Characteristic Depths, Fluxes, and Timescales for Greenland's Tidewater Glacier Fjords From Subglacial Discharge-Driven Upwelling During Summer

Greenland's glacial fjords are a key bottleneck in the earth system, regulating exchange of heat, freshwater and nutrients between the ice sheet and ocean and hosting societally important fisheries. We combine recent bathymetric, atmospheric, and oceanographic data with a buoyant plume model to show that summer subglacial discharge from 136 tidewater glaciers, amounting to 0.02 Sv of freshwater, drives 0.6-1.6 Sv of upwelling.
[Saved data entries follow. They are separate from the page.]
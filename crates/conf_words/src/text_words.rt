// The words of the program that read texts.
ghost use Rattle.std.specs.Prelude.{◌≡◌, is_some, map};
ghost use Rattle.conf_words.specs.Invocations as spec;

use crate::arguments::{EXPLAIN_ARGUMENT, FILE, reporting_of};
use crate::invocation::{Comments, Formatting, Invocation, STANDARD_INPUT, Style};
use crate::listing::Listing;
use crate::refusal::{OTHER, Unasked};
use command_line::{Argument, Form, Matches, Relation};
use std::alloc::{AllocError, Global};

const FILES_ARGUMENT: Argument = Argument {
    name: FILE,
    help: "The files of the texts; standard input if none is given, or for `-`",
    form: Form::Several,
    relation: Relation::Free,
};

pub(crate) const FORMAT: Listing = Listing {
    about: "Writes the tree of a YAML text in the one style",
    arguments: &[
        Argument {
            name: IN_PLACE,
            help: "Replaces each FILE that would change by its text in the one style",
            form: Form::ShortFlag('i'),
            relation: Relation::Needs(FILE),
        },
        Argument {
            name: DROP_COMMENTS,
            help: "Replaces a FILE with comments too, which are lost",
            form: Form::Flag,
            relation: Relation::Needs(IN_PLACE),
        },
        Argument {
            name: KEEP_COMMENTS,
            help: "Keeps the comments of each text",
            form: Form::Flag,
            relation: Relation::Excludes(&[DROP_COMMENTS]),
        },
        Argument {
            name: ONLY_CHECK,
            help: "Changes nothing, and names each FILE that would change",
            form: Form::Flag,
            relation: Relation::Excludes(&[IN_PLACE, DROP_COMMENTS]),
        },
        EXPLAIN_ARGUMENT,
        FILES_ARGUMENT,
    ],
    help: "\
One FILE, or standard input, is written to standard output. More FILEs need -i or --check. Each FILE
is tried, and the status is the worst. Quotes are not kept, and `3` is written `\"3\"`.

Comments are left out, and a line on standard error says how many of a FILE are. With --keep-comments
they stay: behind the same value, or on a line of their own before the same key or element.

With -i a FILE that is right already is not touched. Another is replaced whole: where the power fails,
it is the old one or the new one. It keeps its mode, and its owner where the system allows it. A FILE
with comments is refused, as `web.yaml:3:13: Comments`, unless --keep-comments or --drop-comments is
given.

A FILE that is refused is left as it is, and reported on standard error, as
`web.yaml:501:1: KeyTwice \"key250\" (first at 17:1)`. With --explain, or where standard error is a
terminal, the line of the text follows, with a mark under the place, and what to do. Name standard
input `-` to have it reported so.

With --check the status is 1 where a FILE would change.

Examples:
  confstore format < web.yaml
  confstore format -i --keep-comments *.yaml
  confstore format --check *.yaml",
};

/// The word of `format` that has each file replaced.
const IN_PLACE: &str = "in-place";

/// The word of `format` that has files replaced that have comments. It needs [`IN_PLACE`].
const DROP_COMMENTS: &str = "drop-comments";

/// The word of `format` and `check` by which comments stay. It excludes [`DROP_COMMENTS`].
const KEEP_COMMENTS: &str = "keep-comments";

/// The word of `format` that has the files named that would change.
const ONLY_CHECK: &str = "check";

pub(crate) fn format_invocation<'w>(
    alloc: Global,
    words: &Matches<'w>,
) -> Result<Invocation<'w>, Unasked>
    ensures { spec.Makes (spec.format_is_wrong words.now) (spec.IsFormat words.now) result }
{
    let files = match words.texts(alloc, FILE) {
        Ok(files) => files,
        Err(AllocError) => return Err(Unasked::OutOfMemory),
    };
    let formatting = formatting_of(words);
    if let Some(why) = why_not(formatting, files.as_slice()) {
        return Err(Unasked::Because(why));
    }
    Ok(Invocation::Format {
        formatting,
        files,
        reporting: reporting_of(words),
    })
}

/// Why files may not be formatted so; `None` if they may. clap has refused to replace no file.
fn why_not(formatting: Formatting, files: &[&str]) -> Option<&'static str>
    ensures { is_some result ≡ spec.files_are_wrong formatting (map (λ file. file.now) files.now) }
{
    match formatting {
        Formatting::Write { .. } => {
            (files.len() > 1).then_some("more than one FILE needs -i or --check")
        }
        Formatting::InPlace { .. } if files.is_empty() => Some(OTHER),
        Formatting::InPlace { .. } => {
            files
                .contains(&STANDARD_INPUT)
                .then_some("standard input can't be replaced")
        }
        Formatting::Check { .. } => None,
    }
}

fn formatting_of(words: &Matches<'_>) -> Formatting
    ensures { result ≡ spec.formatting_in words.now }
{
    if words.flag(IN_PLACE) {
        Formatting::InPlace {
            comments: comments_of(words),
        }
    } else if words.flag(ONLY_CHECK) {
        Formatting::Check {
            style: style_of(words),
        }
    } else {
        Formatting::Write {
            style: style_of(words),
        }
    }
}

fn comments_of(words: &Matches<'_>) -> Comments
    ensures { result ≡ spec.comments_in words.now }
{
    if words.flag(KEEP_COMMENTS) {
        Comments::Kept
    } else if words.flag(DROP_COMMENTS) {
        Comments::Dropped
    } else {
        Comments::Refused
    }
}

/// What texts are formatted to, and compared with.
fn style_of(words: &Matches<'_>) -> Style
    ensures { result ≡ spec.style_in words.now }
{
    if words.flag(KEEP_COMMENTS) {
        Style::WithComments
    } else {
        Style::Bare
    }
}

pub(crate) const CHECK: Listing = Listing {
    about: "Writes where YAML texts depart from the one style",
    arguments: &[
        Argument {
            name: KEEP_COMMENTS,
            help: "Has nothing against comments that stand as `format --keep-comments` writes them",
            form: Form::Flag,
            relation: Relation::Free,
        },
        EXPLAIN_ARGUMENT,
        FILES_ARGUMENT,
    ],
    help: "\
Each finding is one line: of a FILE as `web.yaml:3: S1 the line ends in a space or TAB`, and of
standard input without a FILE as `S1 3`, the rule and the number of the line, from 1.
  S1  the line ends in a space or TAB
  S2  the line ends in CR LF or CR, or it is the last line and has no break
  S3  the line has more than 120 characters
  S4  the text is not what `confstore format` writes for it, and first differs from that on this line
The one style keeps no comments and no quotes, and `3` is written `\"3\"` in it. With --keep-comments
S4 compares the text with what `confstore format --keep-comments` writes.

A FILE that is refused is reported on standard error, as
`web.yaml:501:1: KeyTwice \"key250\" (first at 17:1)`. With --explain, or where standard error is a
terminal, the line of the text follows, with a mark under the place, and what to do. Name standard
input `-` to have it reported so. Each FILE is tried. The status is 0 where nothing is found. It is 1
where something is, or a text is refused, and 3 where a FILE can't be read.

Examples:
  confstore check *.yaml
  confstore check < file",
};

pub(crate) fn check_invocation<'w>(
    alloc: Global,
    words: &Matches<'w>,
) -> Result<Invocation<'w>, Unasked>
    ensures { spec.Makes (spec.check_is_wrong words.now) (spec.IsCheck words.now) result }
{
    let files = match words.texts(alloc, FILE) {
        Ok(files) => files,
        Err(AllocError) => return Err(Unasked::OutOfMemory),
    };
    Ok(Invocation::Check {
        style: style_of(words),
        files,
        reporting: reporting_of(words),
    })
}
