pub(crate) fn import_invocation<'w>(
    alloc: Global,
    words: &Matches<'w>,
) -> Result<Invocation<'w>, Unasked>
    ensures { spec.Makes (spec.import_is_wrong words.now) (spec.IsImport words.now) result }
{
    let Some(folder) = words.text(FOLDER) else {
        return Err(Unasked::OTHER);
    };
    let Some(name) = words.text(NAME) else {
        return Err(Unasked::OTHER);
    };
    let import = Import {
        folder,
        name,
        file: words.text(FILE).unwrap_or(STANDARD_INPUT),
        root: root_of(words),
        missing: missing_of(words),
        conditions: conditions_of(words),
    };
    let about = about_of(alloc, words)?;
    Ok(Invocation::Import {
        import,
        about,
        reporting: reporting_of(words),
    })
}

/// The word of `import` that has any text taken.
const ANY_ROOT: &str = "any-root";

fn root_of(words: &Matches<'_>) -> Root
    ensures { result ≡ spec.root_in words.now }
{
    if words.flag(ANY_ROOT) {
        Root::Any
    } else {
        Root::Collection
    }
}

fn missing_of(words: &Matches<'_>) -> MissingStore
    ensures { result ≡ spec.missing_in words.now }
{
    if words.flag(MAKE_STORE) {
        MissingStore::Made
    } else {
        MissingStore::Refused
    }
}
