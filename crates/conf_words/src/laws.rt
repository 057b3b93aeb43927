// What holds of texts, and of what words ask for.
ghost use Rattle.conf_words.specs.Escapes.{AreShownApart};
ghost use Rattle.conf_words.specs.Invocations.{FilesAlwaysFit};

/// What [`escaped`](crate::escaped) shows is shown of one text alone: no two texts are shown alike.
pub fn no_two_texts_are_shown_alike()
    ensures apart { AreShownApart }
{}

/// The files of `format` fit what is done with them: at most one is written, and standard input is not replaced.
pub fn files_always_fit()
    ensures fit { FilesAlwaysFit }
{}
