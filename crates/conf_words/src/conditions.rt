// The arguments that have a word change a store only if something holds of it.
ghost use Rattle.conf_words.specs.Invocations.{AreConditions, IsWanted};

use crate::invocation::{Conditions, Wanted};
use command_line::{Argument, Form, Matches, Relation};

/// The argument that wants a text at the place.
pub(crate) const IF_VALUE: &str = "if-value";

pub(crate) const IF_VALUE_ARGUMENT: Argument = Argument {
    name: IF_VALUE,
    help: "Changes the store only if this text is at the place that is changed",
    form: Form::Text("TEXT"),
    relation: Relation::Excludes(&[IF_ABSENT]),
};

/// The argument that wants nothing at the place.
pub(crate) const IF_ABSENT: &str = "if-absent";

pub(crate) const IF_ABSENT_ARGUMENT: Argument = Argument {
    name: IF_ABSENT,
    help: "Changes the store only if nothing is at the place that is changed",
    form: Form::Flag,
    relation: Relation::Free,
};

/// The argument that wants a number of commands.
pub(crate) const IF_COUNT: &str = "if-count";

pub(crate) const IF_COUNT_ARGUMENT: Argument = Argument {
    name: IF_COUNT,
    help: "Changes the store only if it has accepted N commands",
    form: Form::Number("N", 0),
    relation: Relation::Free,
};

/// The conditions that the words give.
pub(crate) fn conditions_of<'w>(words: &Matches<'w>) -> Conditions<'w>
    ensures { AreConditions words.now result }
{
    Conditions {
        place: wanted_by(words),
        count: words.number(IF_COUNT),
    }
}

/// What the words want at the place.
fn wanted_by<'w>(words: &Matches<'w>) -> Wanted<'w>
    ensures { IsWanted words.now result }
{
    match words.text(IF_VALUE) {
        Some(text) => Wanted::Text(text),
        None if words.flag(IF_ABSENT) => Wanted::Nothing,
        None => Wanted::Anything,
    }
}
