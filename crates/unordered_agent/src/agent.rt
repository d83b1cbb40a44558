ghost use Rattle.std.specs.Prelude.{◌≡◌, ◌<◌, not, IfOk, IfErr, IfSome};

use crate::fetcher::{FetchPhase, Fetcher};
use crate::step::FETCHER;
use crate::tasks::{TASKS, Tasks};
use command_agent::{AgentState, PointRefusal, Which};
use orb_layout::{Ask, OrbPointer};
use sbp_base::{NoMemory, Offset};
use std::alloc::Global;
use std::marker::Model;

mod replies;

/// The command agent of one login over an unordered unit: a fetcher, and 8 task places, each with an
/// agent for the ORB in it.
#[derive(Drop)]
pub struct TaskAgent {
    fetcher: Fetcher,
    tasks: Tasks,
}

impl Model for TaskAgent {
    ghost use Rattle.unordered_agent.specs.Machine.{TaskMachine, IsSound};

    ghost Value = { TaskMachine };

    ghost view = { λ a. record { fetcher = a.fetcher; tasks = a.tasks } };

    ghost invariant = { λ a. IsSound a.fetcher a.tasks };
}

impl TaskAgent {
    ghost use Rattle.command_agent.specs.Machine.{present_of};
    ghost use Rattle.command_agent.specs.Steps.{is_reset};
    ghost use Rattle.unordered_agent.specs.Machine.{new_agent, state_in, is_busy, lowest_free, task_at};
    ghost use Rattle.unordered_agent.specs.Steps.{point_step, doorbell_step, reset_all_step};

    /// An agent in RESET, with all the room that it will use.
    pub fn new(alloc: Global) -> Result<TaskAgent, NoMemory>
        ensures { IfOk result (λ agent. agent ≡ new_agent) }
    {
        Ok(TaskAgent {
            fetcher: Fetcher::new(),
            tasks: Tasks::new(alloc)?,
        })
    }

    /// The state of the agent.
    pub fn state(&self) -> AgentState
        ensures { result ≡ state_in self.now.fetcher.phase }
    {
        self.fetcher.state()
    }

    /// Whether the transaction of a place is under way, so that it can be replied to: that of a task,
    /// or with place 8 the fetcher's.
    pub fn is_under_way(&self, place: u8) -> bool
        ensures { result ≡ is_busy place self.now }
    {
        if place == FETCHER {
            return self.fetcher.is_reading();
        }
        usize::from(place) < TASKS
            && self
                .tasks
                .agent(usize::from(place))
                .is_under_way(Which::Main)
    }

    /// The lowest task place that is free: that of the ORB which the fetcher reads.
    pub fn lowest_free(&self) -> Option<u8>
        ensures place { result ≡ lowest_free self.now.tasks }
        ensures below { IfSome result (λ place. place < 8) }
    {
        let place = self.tasks.lowest_free()?;
        Some(place as u8)
    }

    /// The bytes of the write that a task place last asked for.
    pub fn outgoing(&self, place: u8) -> &[u8]
        requires { place < 8 }
        ensures { result.now ≡ (task_at self.now place).outgoing }
    {
        self.tasks.agent(usize::from(place)).outgoing()
    }

    /// The address of the ORB in a task place.
    pub fn present(&self, place: u8) -> Option<Offset>
        requires { place < 8 }
        ensures { result ≡ present_of (task_at self.now place) }
    {
        self.tasks.agent(usize::from(place)).present()
    }

    /// The command block of the ORB in a task place; zeros where it was not read.
    pub fn cdb(&self, place: u8) -> &[u8; 12]
        requires { place < 8 }
        ensures { result.now ≡ (task_at self.now place).orb.cdb }
    {
        self.tasks.agent(usize::from(place)).cdb()
    }

    /// The data of the ORB in a task place, as far as it was read.
    pub fn payload(&self, place: u8) -> &[u8]
        requires { place < 8 }
        ensures { result.now ≡ (task_at self.now place).payload }
    {
        self.tasks.agent(usize::from(place)).payload()
    }

    /// The answer of the command that ran last in a task place.
    pub fn answer(&self, place: u8) -> &[u8]
        requires { place < 8 }
        ensures { result.now ≡ (task_at self.now place).answer }
    {
        self.tasks.agent(usize::from(place)).answer()
    }

    /// A write of ORB_POINTER: in RESET, and in SUSPENDED without a task, a pointer that is not null is
    /// taken, and the ORB there is read.
    #[tactic(auto, unfolding(crate::specs::Steps::point_step))]
    pub fn point(&mut self, pointer: OrbPointer) -> Result<Ask, PointRefusal>
        ensures step { (result, self.new) ≡ point_step self.old pointer }
        ensures refused { IfErr result (λ _refusal. self.new ≡ self.old) }
    {
        if !self.takes_pointer() {
            return Err(PointRefusal::Conflict);
        }
        match pointer {
            OrbPointer::Null => Err(PointRefusal::Null),
            OrbPointer::At(first) => Ok(self.fetcher.open(first)),
        }
    }

    ghost use Rattle.unordered_agent.specs.Steps.{takes_pointer};

    /// Whether a pointer may be taken.
    fn takes_pointer(&self) -> bool
        ensures { result ≡ takes_pointer (state_in self.now.fetcher.phase) self.now.tasks }
    {
        match self.state() {
            AgentState::Reset => true,
            AgentState::Suspended => self.tasks.are_free(),
            AgentState::Active | AgentState::Dead => false,
        }
    }

    /// A write of DOORBELL: it sets the mark of an active agent, and in a suspended one the next pointer
    /// is read again.
    #[tactic(auto, unfolding(crate::specs::Steps::doorbell_step))]
    pub fn doorbell(&mut self) -> Ask
        ensures { (result, self.new) ≡ doorbell_step self.old }
    {
        match self.state() {
            AgentState::Reset | AgentState::Dead => Ask::Nothing,
            AgentState::Suspended => self.fetcher.reread(),
            AgentState::Active => {
                self.fetcher.doorbell = true;
                Ask::Nothing
            }
        }
    }

    /// A write of AGENT_RESET, and every other cut of the list: the agent is in RESET, its fetcher and
    /// its tasks are gone, and their transactions belong to nobody. The answer tells whether it was in
    /// another state.
    #[tactic(auto, unfolding(crate::specs::Steps::reset_all_step))]
    pub fn reset(&mut self) -> bool
        ensures was { result ≡ not (is_reset (state_in self.old.fetcher.phase)) }
        ensures left { self.new ≡ reset_all_step self.old }
    {
        let was_open = self.state() != AgentState::Reset;
        self.fetcher.phase = FetchPhase::Reset;
        self.tasks.reset_each();
        was_open
    }
}
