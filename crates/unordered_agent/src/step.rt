ghost use Rattle.std.specs.Prelude.{◌≡◌, ◌<◌, ◌++◌, [], length};

use arrayvec::ArrayVec;
use command_agent::AgentStep;
use orb_layout::{Ask, FailCause, StatusKind};
use rbc_disk::Outcome;
use std::marker::Model;

/// The place of the fetcher, behind the 8 task places.
pub(crate) const FETCHER: u8 = 8;

/// What a reply brings about. The ask of the step's task with `ended` is the write of the status block,
/// with offset 0 in the place of the login's FIFO.
#[derive(Drop)]
pub struct TaskStep {
    pub asks: TaskAsks,
    /// A command ran: that of the task replied to, or of the ORB that was read.
    pub ran: Option<Outcome>,
    /// The same ORB ended.
    pub ended: Option<StatusKind>,
    /// The agent became dead.
    pub dead: Option<FailCause>,
}

/// What is to be sent next, with the place that asks for it, in the order of sending: a task's request,
/// and then the fetcher's, whose place is 8.
#[derive(Drop)]
pub struct TaskAsks {
    asks: ArrayVec<(u8, Ask), 2>,
}

impl Model for TaskAsks {
    ghost use Rattle.std.specs.Prelude.{ℕ, List};
    ghost use Rattle.orb_layout.specs.declared.ask.Ask.{Ask};

    ghost Value = { List (ℕ × Ask) };

    ghost view = { λ a. a.asks.items };
}

impl TaskAsks {
    ghost use Rattle.unordered_agent.specs.Steps.{asked};

    /// No request.
    pub(crate) fn new() -> TaskAsks
        ensures { result ≡ [] }
    {
        TaskAsks {
            asks: ArrayVec::new(),
        }
    }

    /// Adds what a place asks for.
    pub(crate) fn add(&mut self, place: u8, ask: Ask)
        requires { length self.old < 2 }
        ensures { self.new ≡ self.old ++ asked place ask }
    {
        if ask != Ask::Nothing {
            self.asks.push((place, ask));
        }
    }

    /// The requests with their places.
    pub fn as_slice(&self) -> &[(u8, Ask)]
        ensures { result.now ≡ self.now }
    {
        self.asks.as_slice()
    }
}

impl TaskStep {
    ghost use Rattle.unordered_agent.specs.Steps.{quiet, dies, fetches, task_step};

    /// Nothing is sent and nothing told.
    pub(crate) fn quiet() -> TaskStep
        ensures { result ≡ quiet }
    {
        TaskStep {
            asks: TaskAsks::new(),
            ran: None,
            ended: None,
            dead: None,
        }
    }

    /// The fetcher's request alone.
    pub(crate) fn fetching(ask: Ask) -> TaskStep
        ensures { result ≡ fetches ask }
    {
        let mut asks = TaskAsks::new();
        asks.add(FETCHER, ask);
        TaskStep {
            asks,
            ..TaskStep::quiet()
        }
    }

    /// The agent becomes dead, and no ORB ends.
    pub(crate) fn dying(cause: FailCause) -> TaskStep
        ensures { result ≡ dies cause }
    {
        TaskStep {
            dead: Some(cause),
            ..TaskStep::quiet()
        }
    }

    /// The step of the task in a place, with the fetcher's request behind its own.
    pub(crate) fn of_task(place: u8, step: AgentStep, next: Ask) -> TaskStep
        ensures { result ≡ task_step place step next }
    {
        let mut asks = TaskAsks::new();
        asks.add(place, step.ask);
        asks.add(FETCHER, next);
        TaskStep {
            asks,
            ran: step.ran,
            ended: step.ended,
            dead: step.dead,
        }
    }
}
Bathymetric analysis suggests that this is sufficient to renew most major fjords within a single summer, and that these fjords provide a path to the continental shelf that is deeper than 200 m for two-thirds of the glaciers. Our study provides a first pan-Greenland inventory of tidewater glacier fjords and quantifies regional and ice sheet-wide upwelling fluxes. This analysis provides important context for site-specific studies and is a step toward implementing fjord-scale heat, freshwater and nutrient fluxes in large-scale ice sheet and climate models. Plain Language Summary The interaction between the Greenland Ice Sheet and the surrounding ocean is one of the key links in the regional climate system. Ocean heat melts the edges of the ice sheet, causing glacier speed-up, retreat and sea level contribution. Meltwater from the ice sheet enters the ocean where it alters ocean properties and potentially ocean currents. This meltwater also drives upwelling of nutrients that can impact local ecosystems. All of these processes occur in long, deep and narrow fjords that connect the ice sheet and ocean. In this study, we present a first continent-wide overview of the geometry and dynamics of Greenland's fjords. We combine recent bathymetric, atmospheric, and oceanographic datasets with a simple model to show that many fjords are well connected to the ocean in both bathymetry and circulation, suggesting that changes in the ocean on the continental shelf will be quickly transmitted to the ice sheet margin. We also suggest that meltwater from the ice sheet is rapidly mixed within fjords and will enter the wider ocean as a dilute subsurface mixture. This study is a step toward implementing fjord heat, freshwater and nutrient fluxes into large-scale models that cannot resolve fjords.